▶ **PROBLEM DESCRIPTION**:
Among the lines below, count those with "bool". Give only the number.

Saved data entries:
***

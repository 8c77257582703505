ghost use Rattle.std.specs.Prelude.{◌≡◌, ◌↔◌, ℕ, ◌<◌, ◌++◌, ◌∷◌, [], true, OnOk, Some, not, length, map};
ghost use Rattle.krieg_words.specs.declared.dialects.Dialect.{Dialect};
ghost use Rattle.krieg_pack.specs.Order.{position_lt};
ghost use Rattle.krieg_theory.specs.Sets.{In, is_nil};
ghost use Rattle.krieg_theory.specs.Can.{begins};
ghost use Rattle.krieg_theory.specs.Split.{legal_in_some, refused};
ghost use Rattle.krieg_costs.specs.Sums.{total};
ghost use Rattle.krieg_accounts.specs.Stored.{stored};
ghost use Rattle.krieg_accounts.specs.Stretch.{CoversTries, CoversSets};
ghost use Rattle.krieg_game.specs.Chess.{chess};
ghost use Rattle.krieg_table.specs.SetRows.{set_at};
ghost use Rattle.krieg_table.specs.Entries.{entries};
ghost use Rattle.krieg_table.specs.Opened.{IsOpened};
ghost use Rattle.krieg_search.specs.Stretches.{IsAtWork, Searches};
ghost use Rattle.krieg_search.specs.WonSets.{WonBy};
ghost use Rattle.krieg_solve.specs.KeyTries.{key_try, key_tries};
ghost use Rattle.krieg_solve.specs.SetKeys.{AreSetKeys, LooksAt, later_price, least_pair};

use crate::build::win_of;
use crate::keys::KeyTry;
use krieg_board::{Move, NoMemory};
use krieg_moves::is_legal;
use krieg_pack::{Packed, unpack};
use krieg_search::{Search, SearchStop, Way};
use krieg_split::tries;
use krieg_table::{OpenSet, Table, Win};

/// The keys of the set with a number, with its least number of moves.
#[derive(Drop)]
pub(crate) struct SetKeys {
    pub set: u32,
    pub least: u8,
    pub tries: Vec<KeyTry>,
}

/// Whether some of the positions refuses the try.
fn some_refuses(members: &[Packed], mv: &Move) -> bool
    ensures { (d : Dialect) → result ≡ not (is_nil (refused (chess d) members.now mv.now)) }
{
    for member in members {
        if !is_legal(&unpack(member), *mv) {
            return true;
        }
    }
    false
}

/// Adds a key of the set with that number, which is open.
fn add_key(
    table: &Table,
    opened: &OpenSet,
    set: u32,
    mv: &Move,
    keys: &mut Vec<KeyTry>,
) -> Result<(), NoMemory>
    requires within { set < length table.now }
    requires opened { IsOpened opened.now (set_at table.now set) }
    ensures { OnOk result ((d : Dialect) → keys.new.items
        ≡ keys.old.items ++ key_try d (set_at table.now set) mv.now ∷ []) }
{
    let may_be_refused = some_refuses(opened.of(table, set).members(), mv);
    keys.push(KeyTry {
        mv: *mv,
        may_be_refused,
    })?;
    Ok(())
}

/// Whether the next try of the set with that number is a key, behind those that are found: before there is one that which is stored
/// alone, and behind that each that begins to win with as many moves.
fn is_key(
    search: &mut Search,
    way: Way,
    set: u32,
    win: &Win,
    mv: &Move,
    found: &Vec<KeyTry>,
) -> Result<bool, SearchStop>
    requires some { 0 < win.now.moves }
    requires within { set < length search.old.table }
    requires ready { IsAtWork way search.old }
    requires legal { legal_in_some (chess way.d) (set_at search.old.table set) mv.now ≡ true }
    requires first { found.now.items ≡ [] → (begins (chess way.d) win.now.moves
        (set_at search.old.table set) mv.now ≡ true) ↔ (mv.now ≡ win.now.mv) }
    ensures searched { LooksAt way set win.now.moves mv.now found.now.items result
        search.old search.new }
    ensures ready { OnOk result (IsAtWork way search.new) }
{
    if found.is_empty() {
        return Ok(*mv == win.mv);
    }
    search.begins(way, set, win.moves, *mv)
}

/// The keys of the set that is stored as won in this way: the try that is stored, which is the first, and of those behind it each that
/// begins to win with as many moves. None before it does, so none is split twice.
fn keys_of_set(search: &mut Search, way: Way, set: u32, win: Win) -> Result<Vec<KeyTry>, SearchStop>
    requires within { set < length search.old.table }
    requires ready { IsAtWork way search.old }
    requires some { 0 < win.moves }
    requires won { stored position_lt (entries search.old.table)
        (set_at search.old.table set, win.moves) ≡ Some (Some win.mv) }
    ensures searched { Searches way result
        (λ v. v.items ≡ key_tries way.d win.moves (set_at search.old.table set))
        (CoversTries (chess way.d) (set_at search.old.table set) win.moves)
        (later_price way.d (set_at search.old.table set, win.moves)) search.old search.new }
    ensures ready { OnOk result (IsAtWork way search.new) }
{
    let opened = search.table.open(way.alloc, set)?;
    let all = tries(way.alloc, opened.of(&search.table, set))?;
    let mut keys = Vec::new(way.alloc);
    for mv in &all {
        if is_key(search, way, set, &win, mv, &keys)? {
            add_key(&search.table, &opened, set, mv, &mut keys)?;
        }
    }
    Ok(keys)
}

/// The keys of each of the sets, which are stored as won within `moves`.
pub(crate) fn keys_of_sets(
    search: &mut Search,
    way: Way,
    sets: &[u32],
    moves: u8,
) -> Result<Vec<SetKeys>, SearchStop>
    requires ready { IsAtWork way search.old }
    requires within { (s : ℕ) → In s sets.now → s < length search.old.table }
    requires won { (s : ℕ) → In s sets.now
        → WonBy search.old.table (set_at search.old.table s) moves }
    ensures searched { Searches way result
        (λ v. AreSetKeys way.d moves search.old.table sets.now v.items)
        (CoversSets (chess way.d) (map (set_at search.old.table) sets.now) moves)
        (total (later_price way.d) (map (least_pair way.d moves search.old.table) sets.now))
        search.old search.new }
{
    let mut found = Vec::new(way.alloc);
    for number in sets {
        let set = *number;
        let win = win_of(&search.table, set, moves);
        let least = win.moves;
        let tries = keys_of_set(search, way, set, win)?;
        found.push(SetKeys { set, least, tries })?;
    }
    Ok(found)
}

***

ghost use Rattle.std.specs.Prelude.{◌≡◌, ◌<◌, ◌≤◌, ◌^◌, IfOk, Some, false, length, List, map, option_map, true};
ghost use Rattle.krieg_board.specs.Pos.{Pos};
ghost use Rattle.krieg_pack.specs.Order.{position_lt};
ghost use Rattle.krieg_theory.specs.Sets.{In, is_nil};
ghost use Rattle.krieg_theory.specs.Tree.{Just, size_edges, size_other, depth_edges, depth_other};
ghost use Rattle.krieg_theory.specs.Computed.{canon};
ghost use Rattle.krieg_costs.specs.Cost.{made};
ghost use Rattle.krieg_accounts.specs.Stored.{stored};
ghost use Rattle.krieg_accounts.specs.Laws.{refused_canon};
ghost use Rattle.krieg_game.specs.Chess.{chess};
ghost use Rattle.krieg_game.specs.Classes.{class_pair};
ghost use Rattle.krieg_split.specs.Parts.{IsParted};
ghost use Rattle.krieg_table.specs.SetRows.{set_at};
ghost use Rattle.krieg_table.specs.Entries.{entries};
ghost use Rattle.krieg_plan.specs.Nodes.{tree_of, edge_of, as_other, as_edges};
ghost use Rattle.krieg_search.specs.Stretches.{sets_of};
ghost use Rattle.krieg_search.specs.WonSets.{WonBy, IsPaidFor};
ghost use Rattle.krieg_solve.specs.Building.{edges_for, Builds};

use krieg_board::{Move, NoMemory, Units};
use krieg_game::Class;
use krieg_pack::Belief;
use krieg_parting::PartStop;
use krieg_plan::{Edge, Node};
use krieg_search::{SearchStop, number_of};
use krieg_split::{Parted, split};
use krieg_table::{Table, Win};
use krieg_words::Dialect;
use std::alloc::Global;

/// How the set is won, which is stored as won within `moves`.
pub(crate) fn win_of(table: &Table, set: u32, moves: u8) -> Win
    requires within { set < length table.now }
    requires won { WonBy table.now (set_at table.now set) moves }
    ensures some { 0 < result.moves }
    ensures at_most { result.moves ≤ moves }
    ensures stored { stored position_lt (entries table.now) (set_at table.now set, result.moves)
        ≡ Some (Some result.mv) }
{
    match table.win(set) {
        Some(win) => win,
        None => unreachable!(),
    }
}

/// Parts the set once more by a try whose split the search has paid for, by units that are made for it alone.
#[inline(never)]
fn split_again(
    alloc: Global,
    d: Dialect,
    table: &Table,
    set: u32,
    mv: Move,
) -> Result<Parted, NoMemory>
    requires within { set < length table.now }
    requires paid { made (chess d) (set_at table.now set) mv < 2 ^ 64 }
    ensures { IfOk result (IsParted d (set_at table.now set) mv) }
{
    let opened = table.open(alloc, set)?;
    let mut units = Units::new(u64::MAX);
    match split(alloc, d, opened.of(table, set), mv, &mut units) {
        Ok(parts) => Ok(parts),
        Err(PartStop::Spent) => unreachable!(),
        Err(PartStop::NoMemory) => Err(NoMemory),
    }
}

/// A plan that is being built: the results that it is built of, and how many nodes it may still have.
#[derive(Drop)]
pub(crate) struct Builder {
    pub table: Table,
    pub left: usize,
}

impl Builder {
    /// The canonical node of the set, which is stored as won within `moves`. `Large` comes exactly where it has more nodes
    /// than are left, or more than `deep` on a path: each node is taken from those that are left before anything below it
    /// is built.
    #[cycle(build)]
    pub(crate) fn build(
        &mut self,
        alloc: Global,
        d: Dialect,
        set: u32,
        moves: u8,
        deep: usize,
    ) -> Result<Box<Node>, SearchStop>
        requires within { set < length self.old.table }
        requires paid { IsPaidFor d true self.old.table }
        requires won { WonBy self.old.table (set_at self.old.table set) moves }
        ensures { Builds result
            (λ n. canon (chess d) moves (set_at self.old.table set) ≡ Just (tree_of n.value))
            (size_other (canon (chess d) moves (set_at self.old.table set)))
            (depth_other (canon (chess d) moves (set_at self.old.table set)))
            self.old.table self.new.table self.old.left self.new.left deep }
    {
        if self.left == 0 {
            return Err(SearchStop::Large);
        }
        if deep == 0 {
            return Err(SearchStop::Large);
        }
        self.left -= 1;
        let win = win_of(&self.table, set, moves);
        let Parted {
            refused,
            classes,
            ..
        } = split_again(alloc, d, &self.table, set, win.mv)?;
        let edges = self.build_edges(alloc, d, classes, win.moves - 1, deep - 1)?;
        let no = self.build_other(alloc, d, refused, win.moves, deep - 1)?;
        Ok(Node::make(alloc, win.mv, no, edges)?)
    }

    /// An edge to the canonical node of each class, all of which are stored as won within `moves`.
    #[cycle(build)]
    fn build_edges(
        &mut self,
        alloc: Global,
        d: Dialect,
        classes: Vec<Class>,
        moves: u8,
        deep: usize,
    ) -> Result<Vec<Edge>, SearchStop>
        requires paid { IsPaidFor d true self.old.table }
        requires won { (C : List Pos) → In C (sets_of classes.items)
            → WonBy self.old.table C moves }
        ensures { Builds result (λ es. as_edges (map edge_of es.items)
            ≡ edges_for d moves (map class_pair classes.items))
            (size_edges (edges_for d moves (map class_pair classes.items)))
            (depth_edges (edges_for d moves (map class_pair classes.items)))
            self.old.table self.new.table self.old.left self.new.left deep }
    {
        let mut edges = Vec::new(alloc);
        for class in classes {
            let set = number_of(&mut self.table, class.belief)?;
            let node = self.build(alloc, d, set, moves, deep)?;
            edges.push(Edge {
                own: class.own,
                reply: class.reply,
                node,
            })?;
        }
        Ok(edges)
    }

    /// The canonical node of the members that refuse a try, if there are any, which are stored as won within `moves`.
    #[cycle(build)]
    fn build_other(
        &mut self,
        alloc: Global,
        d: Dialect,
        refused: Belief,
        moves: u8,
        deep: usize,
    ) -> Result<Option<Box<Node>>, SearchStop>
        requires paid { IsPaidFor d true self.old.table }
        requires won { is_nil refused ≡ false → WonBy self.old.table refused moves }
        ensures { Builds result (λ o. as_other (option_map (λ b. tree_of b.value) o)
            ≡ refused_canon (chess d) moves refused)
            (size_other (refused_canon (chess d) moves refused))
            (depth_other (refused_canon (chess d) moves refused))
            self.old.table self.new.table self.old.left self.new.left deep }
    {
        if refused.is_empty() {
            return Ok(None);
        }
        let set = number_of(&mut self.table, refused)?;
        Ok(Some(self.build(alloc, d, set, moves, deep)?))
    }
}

***

▶ **WRITTEN SOLUTION**:
2